Action item:
The answer must consist of every line below containing "feeds".

Data shown:
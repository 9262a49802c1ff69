// Journals of transactions, read in pieces of any size.
//
// A caller starts a `Reading`, feeds it what it has with `feed`, puts the bytes that were not used
// before the next ones and feeds again, and has the account of `conclude` when no more come.
#![tactic(auto)]

mod header;
mod reading;

pub use reading::{Reading, print_journal, print_outcome};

Output of the exercise:
// A caller starts a `Reading`, feeds it what it has with `feed`, puts the bytes that were not used
// before the next ones and feeds again, and has the account of `conclude` when no more come.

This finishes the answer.